Provided records:
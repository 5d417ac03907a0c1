// Faults of a tree's text: it is no JSON, or JSON of another shape.
use crate::causes::json_cure;
use crate::finding::items_of;
use crate::marks::{argument_place, quoted_place};
use serde_json::{Map, Value};
use span_text::pieces::{begins_with_letter, word_len};
use tell_mend::{Reader, cut};

const OBJECT: &str = "a view is an object there, as `{\"name\":\"card\"}`";

const KEY: &str =
    "an object has `name`, maybe `children`, and the outermost one maybe `in`: no other key";

const NO_NAME: &str = "each object has a `name`";

const TEXT: &str = "a name is a text, in `\"`";

const NAME: &str = "a name has letters from a to z, digits and `_` alone, and no digit in front";

const LIST: &str = "`children` is a list of objects, in `[` and `]`";

const INNER: &str = "`in` stands in the outermost object alone";

// More objects than a line has room for.
const OBJECTS: usize = 4096;

/// A fault of a tree: where it is in the line, and its cure.
#[derive(Clone, Copy)]
pub struct Fault {
    pub at: usize,
    pub cure: &'static str,
}

// The cure of a wrong value, and the text in quotes that shows where it is; empty if no text does.
#[derive(Clone, Copy)]
struct Flaw<'v> {
    cure: &'static str,
    sign: &'v str,
}

// This flaw.
fn wrong<'v>(cure: &'static str, sign: &'v str) -> Option<Flaw<'v>> {
    Some(Flaw { cure, sign })
}

// The flaw of a key, if it has one.
fn key_flaw(key: &str, is_outermost: bool) -> Option<Flaw<'_>> {
    match key {
        "name" | "children" => None,
        "in" if is_outermost => None,
        "in" => wrong(INNER, key),
        _ => wrong(KEY, key),
    }
}

// The first flaw of the keys.
fn keys_flaw(members: &Map<String, Value>, is_outermost: bool) -> Option<Flaw<'_>> {
    for (key, _) in members.iter() {
        let found = key_flaw(key.as_str(), is_outermost);
        if found.is_some() {
            return found;
        }
    }
    None
}

// The flaw of the name under this key.
fn name_flaw<'v>(value: &'v Value, key: &'v str) -> Option<Flaw<'v>> {
    let Some(name) = value.as_str() else {
        return wrong(TEXT, key);
    };
    let bytes = name.as_bytes();
    if begins_with_letter(bytes) && word_len(bytes) == bytes.len() {
        None
    } else {
        wrong(NAME, if name.is_empty() { key } else { name })
    }
}

// The first flaw of an object's names: the name after `in`, and its own.
fn names_flaw(value: &Value) -> Option<Flaw<'_>> {
    let place = match value.get("in") {
        Some(place) => name_flaw(place, "in"),
        None => None,
    };
    let name = match value.get("name") {
        Some(name) => name_flaw(name, "name"),
        None => wrong(NO_NAME, ""),
    };
    place.or(name)
}

// The flaw of the children: they are no list.
fn list_flaw(value: &Value) -> Option<Flaw<'_>> {
    match value.get("children") {
        Some(Value::Array(_)) | None => None,
        Some(_) => wrong(LIST, "children"),
    }
}

// The first flaw of a view's value, without its children's.
fn flaw_of(value: &Value, is_outermost: bool) -> Option<Flaw<'_>> {
    match value.as_object() {
        Some(members) => keys_flaw(members, is_outermost)
            .or(names_flaw(value))
            .or(list_flaw(value)),
        None => wrong(OBJECT, value.as_str().unwrap_or("")),
    }
}

// The first flaw of these values and their descendants, in the order of the text.
fn first_flaw<'v>(reader: &mut Reader, left: &mut Vec<&'v Value>) -> Option<Flaw<'v>> {
    for place in 0..OBJECTS {
        let value = left.pop()?;
        let found = flaw_of(value, place == 0);
        if found.is_some() {
            return found;
        }
        for child in items_of(value, "children").iter().rev() {
            reader.fail_if(left.push(child).is_err());
        }
    }
    None
}

// The text from this place on.
fn text_from(line: &[u8], start: usize) -> &str {
    std::str::from_utf8(cut(line, start).1).unwrap_or("")
}

// The first fault of the tree that begins at this place.
fn value_fault(reader: &mut Reader, value: &Value, line: &[u8], start: usize) -> Option<Fault> {
    let mut left = Vec::new(reader.alloc());
    reader.fail_if(left.push(value).is_err());
    let found = first_flaw(reader, &mut left);
    drop(left);
    let Flaw { cure, sign } = found?;
    let at = quoted_place(line, start, sign.as_bytes());
    Some(Fault { at, cure })
}

/// Where the line's tree has another shape than a tree's, and the cure; none if its text is no JSON.
pub fn shape_fault(reader: &mut Reader, line: &[u8]) -> Option<Fault> {
    let start = argument_place(line);
    match Value::from_str(reader.alloc(), text_from(line, start)) {
        Ok(value) => {
            let found = value_fault(reader, &value, line, start);
            drop(value);
            found
        }
        Err(stop) => {
            reader.fail_if(stop.is_memory());
            None
        }
    }
}

/// Where the text that begins at `start` is no JSON, and the cure; none if it is JSON.
pub fn json_fault(reader: &mut Reader, line: &[u8], start: usize) -> Option<Fault> {
    match Value::from_str(reader.alloc(), text_from(line, start)) {
        Ok(value) => {
            drop(value);
            None
        }
        Err(stop) => {
            reader.fail_if(stop.is_memory());
            let far = stop.column().saturating_sub(!stop.is_eof() as usize);
            let at = start.saturating_add(far);
            let cure = json_cure(text_from(line, at));
            Some(Fault { at, cure })
        }
    }
}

Exercise brief: Where a line contains the word "members", copy that line from the listing above.

Task solution:
fn keys_flaw(members: &Map<String, Value>, is_outermost: bool) -> Option<Flaw<'_>> {
    for (key, _) in members.iter() {
        Some(members) => keys_flaw(members, is_outermost)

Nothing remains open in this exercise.